The solemnity of S Joseph Opificis instituted under the Venerable Pius XII seems to point in the direction of an exaltation of 'Labour'. But how biblical is the concept of the Dignity of Labour???

According to Genesis, Labour is a consequence of the Fall. God situated humankind in a 'Paradisus voluptatis', a description taken up in the Liturgical Responsorium. But through his disobedience, Man was ejected from Paradise and told that the very Earth is "maledicta in opere tuo". To give credit to the liturgical functionaries responsible for the Breviary propers issued at that time, we should remember that, for lectio iii at Mattins, they did include Genesis 3:17-19 & 23-24.

But I do not detect a full integration of this biblical structure into most of the propers. The middle nocturn, taken ex actis Pii pp. xii, lays emphasis on the pope's determination to remove odia ac jurgia and encourage civium pax by tweaking the Calendar.

The strategy appears to be: steal Mayday from the Marxists by exalting 'Labour' ("... labor nobilitatur atque evehitur"). In the last resort, this seems more like an echo of the politics of Pacelli and Spellman and the Cold War; of Will Italy Go Commie more than of theological rigor. Indeed, the theology of Genesis 3, considered in itself, might have suggested a penitential trajectory more proper to Lent than to Eastertide (May 1 must perforce come within that window which is in every year unavoidably Paschal). Perhaps this perception was in the mind of the hymnographus Evaristus D'Anversa who, in his hymn for May 1, wrote "victus cibique copiam/mensuret una parcitas".

Once when I was teaching II Thessalonians (3:6-12) it did occur to me to wonder if the Thessalonian Christians who were refusing to work had been led into this comfortable theologoumenon by the realism of S Paul's own teaching that, washed in the regenerating waters of Baptism, they were no longer subject to the consequences of the Fall.

That is speculation. What is, embarrassingly, clear is that the ideology of this feast seems incredibly distant from the ecological preoccupations of the current pontificate. 

Pacelli's"terram subjiciant atque oeconomicae prosperitati consulant" is not very Laudato si, not terribly Amazonian, is it?

Popes come and go, don't they, bringing their delightful whimsies with them?

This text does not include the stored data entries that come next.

ghost use Rattle.std.specs.Prelude.{◌≡◌, Some};
ghost use Rattle.paxos_wire.specs.Lines.{ballot_line};
ghost use Rattle.paxos_wire.specs.Order.{is_below, is_same_ballot};

use std::fmt;

/// A ballot of 'Paxos Made Simple': ordered by its round, then by the node that began it.
///
/// It prints as `(3, 1)`, the round and the node.
#[derive(Clone, Copy, Debug, PartialEq, Eq, PartialOrd, Ord)]
pub struct Ballot {
    /// From 1 on.
    pub round: u32,
    /// The node that began it, counted from 0.
    pub node: u8,
}

impl Ballot {
    /// Whether it is below another one: of a lower round, or of the same round and begun by a lower node.
    pub fn is_below(self, other: Ballot) -> bool
        ensures { result ≡ is_below self other }
    {
        self.round < other.round || self.round == other.round && self.node < other.node
    }

    /// Whether it is of the same round and node.
    pub fn is_same(self, other: Ballot) -> bool
        ensures { result ≡ is_same_ballot self other }
    {
        self.round == other.round && self.node == other.node
    }
}

impl fmt::Display for Ballot {
    ghost output = { λ b. Some (ballot_line b) };

    fn fmt<W: fmt::Write>(&self, f: &mut fmt::Formatter<W>) -> fmt::Result {
        write!(f, "({}, {})", self.round, self.node)
    }
}
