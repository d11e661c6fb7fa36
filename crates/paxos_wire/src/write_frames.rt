//! The one frame of each message, written behind other bytes.

ghost use Rattle.std.specs.Prelude.{◌≡◌, ◌+◌, ◌≤◌, ◌++◌, length, OnOk, IsOk, OnErr};
ghost use Rattle.std.specs.Vec.{vec_len, vec_capacity};
ghost use Rattle.paxos_wire.specs.Fits.{IsMessage, Fits, IsSingle, most_bytes};
ghost use Rattle.paxos_wire.specs.Spelling.{frame};

use crate::count_bytes::{frame_len, payload_len};
use crate::kind::Kind;
use crate::limits::{MOST_FRAME, MOST_SINGLE_FRAME, VERSION};
use crate::message::Message;
use crate::write_messages::put_body;
use crate::write_numbers::put_number;
use std::alloc::AllocError;

/// Appends the one frame of a message. An `Err`, for want of memory, changes no byte.
pub fn encode(out: &mut Vec<u8>, message: &Message) -> Result<(), AllocError>
    requires { Fits message.now }
    ensures frame { OnOk result (out.new.items ≡ out.old.items ++ frame message.now) }
    ensures err { OnErr result (out.new.items ≡ out.old.items) }
    // It fails only where the room is missing.
    ensures room { vec_len out.old + length (frame message.now) ≤ vec_capacity out.old → IsOk result }
    // The cards of its deals are dealt too, so that the frame decodes to the message.
    ensures message { OnOk result (IsMessage message.now) }
{
    out.reserve(frame_len(message))?;
    encode_reserved(out, message);
    Ok(())
}

/// Appends the one frame of a message, where the room for it (`frame_len`) is there already.
#[tactic(auto, unfolding(crate::specs::Spelling::frame_of))]
pub fn encode_reserved(out: &mut Vec<u8>, message: &Message)
    requires fits { Fits message.now }
    requires room { vec_len out.old + length (frame message.now) ≤ vec_capacity out.old }
    ensures frame { out.new.items ≡ out.old.items ++ frame message.now }
    ensures capacity { vec_capacity out.old ≤ vec_capacity out.new }
    ensures len { vec_len out.new ≡ vec_len out.old + length (frame message.now) }
    ensures most { length (frame message.now) ≤ MOST_FRAME }
    ensures single { IsSingle message.now → length (frame message.now) ≤ MOST_SINGLE_FRAME }
    ensures kind { length (frame message.now) ≤ most_bytes message.now }
    // The cards of its deals are dealt too, so that the frame decodes to the message.
    ensures message { IsMessage message.now }
{
    put_number(out, payload_len(message) as u32);
    out.push_reserved(VERSION);
    out.push_reserved(Kind::of_message(message).byte());
    put_body(out, message);
}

Pretty poppets, but I wish we could have a nice run of three or four incredibly boring old popes whose motto was Quod accepi tradidi.

17 comments:

Banshee said...

Fr. Hunwicke? Why is the CoE advocating this acclamation "May the king live for ever" thing?

Isn't that a Persian expression?

Why the heck would such a thing be inserted?

Banshee said...

Apparently they acclaimed King Edward VII with "God save King Edward," "Long live King Edward," and "May the king live for ever."

But seriously, that seems dumb. Just why?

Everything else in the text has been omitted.